▸ Data for the task

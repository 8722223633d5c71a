//! What requests of the admin interface ask for.
ghost use Rattle.std.specs.Prelude.{◌≡◌, IfOk};
ghost use Rattle.std.specs.Option.{option_copied};
ghost use Rattle.delegate_view.specs.Query.{view_asked};
ghost use Rattle.machine.specs.Values.{count_all};
ghost use Rattle.addr_book.specs.Name.{name_of};
ghost use Rattle.api_wire.specs.Demand.{answer, ask, demand_value, stop};
ghost use Rattle.admin_api.specs.Demand.{addrs_asked, addrs_of, admin_demand, admin_value};
ghost use Rattle.admin_api.specs.Demand.{bye, is_read, metrics_demand, named_asked, path_demand};
ghost use Rattle.admin_api.specs.Demand.{pong, posted, readiness, segment_demand, service_demand};
ghost use Rattle.admin_api.specs.Demand.{set_demand, shown, view_demand};

use crate::Mem;
use addr_book::{AddrFault, Name, NameFault, read_addrs};
use api_wire::{
    Demand, Methods, Response, Verb, is_path, path_in, query_in, read_name, segment_behind, verb_of,
};
use delegate_view::{ViewFault, view_ask};
use http::StatusCode;
use http_wire::Head;
use machine::{Change, Look};
use std::alloc::{AllocError, Global};

/// What a request of the admin interface asks for. `admin_value` is how contracts see it.
#[derive(Drop)]
pub enum AdminDemand {
    /// The text of all metrics.
    Metrics,
    /// What the router alone answers.
    Other(Demand),
}

/// What a request of the admin interface asks for, by whether the program is `ready` for more
/// connections, the request's head, the target that goes on, and its body.
#[tactic(auto, unfolding(crate::specs::Demand::admin_demand))]
pub fn admin_demand(
    alloc: Global,
    ready: bool,
    head: &Head,
    line: &[u8],
    body: &[u8],
) -> Mem<AdminDemand>
    ensures { IfOk result (λ demand. admin_value demand
        ≡ admin_demand ready head.now line.now body.now) }
{
    if is_path(path_in(line), b"/admin/metrics/prometheus") {
        return metrics_demand(alloc, verb_of(&head.method));
    }
    let demand = path_demand(alloc, ready, head, line, body)?;
    Ok(AdminDemand::Other(demand))
}

/// What the metrics are asked for.
fn metrics_demand(alloc: Global, verb: Option<Verb>) -> Mem<AdminDemand>
    ensures { IfOk result (λ demand. admin_value demand ≡ metrics_demand verb) }
{
    if is_read(verb) {
        return Ok(AdminDemand::Metrics);
    }
    let demand = Demand::not_allowed(alloc, Methods::Reads)?;
    Ok(AdminDemand::Other(demand))
}

/// What a request for another path than that of the metrics asks for.
#[tactic(auto, unfolding(crate::specs::Demand::path_demand))]
fn path_demand(alloc: Global, ready: bool, head: &Head, line: &[u8], body: &[u8]) -> Mem<Demand>
    ensures { IfOk result (λ demand. demand_value demand
        ≡ path_demand ready head.now line.now body.now) }
{
    let path = path_in(line);
    let verb = verb_of(&head.method);
    if is_path(path, b"/admin/ping") {
        return ping_demand(alloc, verb);
    }
    if is_path(path, b"/admin/metrics.json") {
        return counts_demand(alloc, verb);
    }
    if is_path(path, b"/delegator.json") {
        return delegator_demand(alloc, verb, query_in(line));
    }
    if is_path(path, b"/admin/shutdown") {
        return shutdown_demand(alloc, verb);
    }
    if is_path(path, b"/admin/ready") {
        return ready_demand(alloc, ready, verb);
    }
    segment_demand(alloc, verb, segment_behind(b"/api/1/addrs/", path), body)
}

/// Whether a method shows something.
fn is_read(verb: Option<Verb>) -> bool
    ensures { result ≡ is_read verb }
{
    match verb {
        Some(Verb::Get) => true,
        Some(Verb::Head) => true,
        Some(Verb::Post) => false,
        Some(Verb::Put) => false,
        Some(Verb::Delete) => false,
        None => false,
    }
}

/// What the path that shows that the program runs is asked for.
fn ping_demand(alloc: Global, verb: Option<Verb>) -> Mem<Demand>
    ensures { IfOk result (λ demand. demand_value demand ≡ shown (answer pong) verb) }
{
    if is_read(verb) {
        Demand::word(alloc, StatusCode::OK, "pong")
    } else {
        Demand::not_allowed(alloc, Methods::Reads)
    }
}

/// What the path is asked for that says whether more connections are to be sent here.
fn ready_demand(alloc: Global, ready: bool, verb: Option<Verb>) -> Mem<Demand>
    ensures { IfOk result (λ demand. demand_value demand
        ≡ shown (answer (readiness ready)) verb) }
{
    if !is_read(verb) {
        return Demand::not_allowed(alloc, Methods::Reads);
    }
    if ready {
        Demand::word(alloc, StatusCode::OK, "ready")
    } else {
        Demand::word(alloc, StatusCode::SERVICE_UNAVAILABLE, "not-ready")
    }
}

/// What the counts are asked for.
fn counts_demand(alloc: Global, verb: Option<Verb>) -> Mem<Demand>
    ensures { IfOk result (λ demand. demand_value demand ≡ shown (ask count_all) verb) }
{
    if is_read(verb) {
        Ok(Demand::Look(Look::Counts))
    } else {
        Demand::not_allowed(alloc, Methods::Reads)
    }
}

/// What the delegator is asked for.
fn delegator_demand(alloc: Global, verb: Option<Verb>, query: &[u8]) -> Mem<Demand>
    ensures { IfOk result (λ demand. demand_value demand
        ≡ shown (view_demand (view_asked query.now)) verb) }
{
    if is_read(verb) {
        view_demand(alloc, query)
    } else {
        Demand::not_allowed(alloc, Methods::Reads)
    }
}

/// How the path of a query is delegated.
fn view_demand(alloc: Global, query: &[u8]) -> Mem<Demand>
    ensures { IfOk result (λ demand. demand_value demand ≡ view_demand (view_asked query.now)) }
{
    match view_ask(alloc, query) {
        Ok((path, local)) => Ok(Demand::Look(Look::View { path, local })),
        Err(ViewFault::BadView) => Demand::word(alloc, StatusCode::BAD_REQUEST, "view"),
        Err(ViewFault::OutOfMemory) => Err(AllocError),
    }
}

/// What the path that stops the program is asked for.
fn shutdown_demand(alloc: Global, verb: Option<Verb>) -> Mem<Demand>
    ensures { IfOk result (λ demand. demand_value demand ≡ posted (stop bye) verb) }
{
    match verb {
        Some(Verb::Post) => Ok(Demand::Stop(Response::word(alloc, StatusCode::OK, None, "bye")?)),
        Some(Verb::Get) => Demand::not_allowed(alloc, Methods::Posts),
        Some(Verb::Head) => Demand::not_allowed(alloc, Methods::Posts),
        Some(Verb::Put) => Demand::not_allowed(alloc, Methods::Posts),
        Some(Verb::Delete) => Demand::not_allowed(alloc, Methods::Posts),
        None => Demand::not_allowed(alloc, Methods::Posts),
    }
}

/// What the last segment of a path is asked for, if there is one.
fn segment_demand(
    alloc: Global,
    verb: Option<Verb>,
    segment: Option<&[u8]>,
    body: &[u8],
) -> Mem<Demand>
    ensures { IfOk result (λ demand. demand_value demand
        ≡ segment_demand verb (option_copied segment.entry) body.now) }
{
    match segment {
        None => Demand::no_path(alloc),
        Some(segment) => service_demand(alloc, verb, segment, body),
    }
}

/// What the addresses of a service are asked for.
fn service_demand(alloc: Global, verb: Option<Verb>, segment: &[u8], body: &[u8]) -> Mem<Demand>
    ensures { IfOk result (λ demand. demand_value demand
        ≡ service_demand verb segment.now body.now) }
{
    match verb {
        Some(Verb::Get) => named_asked(alloc, Verb::Get, segment, body),
        Some(Verb::Head) => named_asked(alloc, Verb::Head, segment, body),
        Some(Verb::Put) => named_asked(alloc, Verb::Put, segment, body),
        Some(Verb::Delete) => named_asked(alloc, Verb::Delete, segment, body),
        Some(Verb::Post) => Demand::not_allowed(alloc, Methods::Services),
        None => Demand::not_allowed(alloc, Methods::Services),
    }
}

/// The same by the name that the segment is.
fn named_asked(alloc: Global, verb: Verb, segment: &[u8], body: &[u8]) -> Mem<Demand>
    ensures { IfOk result (λ demand. demand_value demand ≡ named_asked verb (name_of segment.now)
        body.now) }
{
    match read_name(alloc, segment) {
        Ok(name) => addrs_asked(alloc, verb, name, body),
        Err(NameFault::NotName) => Demand::bad_name(alloc),
        Err(NameFault::OutOfMemory) => Err(AllocError),
    }
}

/// The same of this service.
fn addrs_asked(alloc: Global, verb: Verb, name: Name, body: &[u8]) -> Mem<Demand>
    ensures { IfOk result (λ demand. demand_value demand ≡ addrs_asked verb name body.now) }
{
    match verb {
        Verb::Get => Ok(Demand::Look(Look::Addrs { service: name })),
        Verb::Head => Ok(Demand::Look(Look::Addrs { service: name })),
        Verb::Put => set_demand(alloc, name, body),
        Verb::Delete => Ok(Demand::Change(Change::DropService { service: name })),
        Verb::Post => Demand::not_allowed(alloc, Methods::Services),
    }
}

/// The addresses of a body for a service.
fn set_demand(alloc: Global, name: Name, body: &[u8]) -> Mem<Demand>
    ensures { IfOk result (λ demand. demand_value demand ≡ set_demand name (addrs_of body.now)) }
{
    match read_addrs(alloc, body) {
        Ok(list) => Ok(Demand::Change(Change::SetAddrs {
            service: name,
            list,
        })),
        Err(AddrFault::BadLine(_line)) => Demand::word(alloc, StatusCode::BAD_REQUEST, "addrs"),
        Err(AddrFault::TooMany(_count)) => Demand::word(alloc, StatusCode::BAD_REQUEST, "addrs"),
        Err(AddrFault::OutOfMemory) => Err(AllocError),
    }
}
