//! What hands out the peers that connect to an address.
ghost use Rattle.std.specs.Prelude.{◌≡◌, ◌<◌, ℕ, Ok};
ghost use Rattle.line_base.specs.Counts.{HasCause};

use crate::event::Event;
use crate::outside::{Failed, Peer};
use std::marker::Model;

/// What a listener was made for.
#[derive(Clone, Copy, Debug, PartialEq, Eq)]
pub struct Endpoint {
    /// The IPv4 address, whose first byte is the highest.
    pub ip: u32,
    /// The port.
    pub port: u16,
    /// The listener's place among those that were made with it, from 0.
    pub place: u32,
}

/// Listeners for one address, which share its peers. Contracts see the list of them.
pub struct Listeners<L> {
    items: Vec<L>,
}

impl<L: Drop> Drop for Listeners<L> {
    fn drop(self) {
        let Listeners { items } = self;
        drop(items);
    }
}

impl<L> Model for Listeners<L> {
    ghost use Rattle.std.specs.Prelude.{List};

    ghost Value = { List L };

    ghost view = { λ l. l.items.items };
}

impl<L> Listeners<L> {
    /// The list of these listeners. It takes no memory.
    pub fn of(items: Vec<L>) -> Listeners<L>
        ensures { result ≡ items.items }
    {
        Listeners { items }
    }

    /// The listeners, by their places.
    pub fn items(&self) -> &[L]
        ensures { result.now ≡ self.now }
    {
        self.items.as_slice()
    }

    /// The listeners, by their places.
    pub fn into_items(self) -> Vec<L>
        ensures { result.items ≡ self }
    {
        let Listeners { items } = self;
        items
    }
}

/// What hands out the peers that connect to an address, until it is closed, and tells of those
/// that wait.
///
/// A peer that has nothing to say for a while need not be waited for: it is watched under a number
/// ([`Listener::watch`]), and a listener of its address tells the number once it has.
pub trait Listener {
    ghost use Rattle.line_base.specs.Accepts.{Listening, after_event, after_finish};

    /// The peers that it hands out.
    type P: Peer;

    /// What it was made for, the peers that it handed out and those that came back, each where it
    /// tells them; and, always, how often it answered that it is closed, how many peers it handed
    /// out, how many came back, and how many calls failed since the last that did not.
    ghost state: { Self → Listening Self.P };

    /// How often a wait for an event failed. The count never falls, and stands still at the last
    /// value of a `u64`.
    ghost faults: { Self → ℕ };

    /// Waits for the next event; [`Event::Closed`] once the listener is closed, and from then on
    /// always.
    fn next_event(&mut self) -> Result<Event<Self::P>, Failed>
        ensures state { state self.new ≡ after_event (state self.old) result }
        ensures closed { 0 < (state self.old).closes → result ≡ Ok Event.Closed }
        ensures cause { HasCause (faults self.old) (faults self.new) result };

    /// Watches a peer of this address: one of the listeners of the address tells the number once
    /// the peer has something to say, or has ended. Whether it can be watched. It waits for
    /// nothing.
    fn watch(&self, peer: &Self::P, number: u64) -> bool;

    /// Takes a peer of this address back that was served, and ends its connection.
    fn finish(&mut self, peer: Self::P)
        ensures state { state self.new ≡ after_finish (state self.old) peer }
        ensures kept { faults self.new ≡ faults self.old };
}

▸ Exercise requirements
Wherever the string "hands" appears in the data above, report the whole line.

▸ Answer for the task
//! What hands out the peers that connect to an address.
/// What hands out the peers that connect to an address, until it is closed, and tells of those
    /// The peers that it hands out.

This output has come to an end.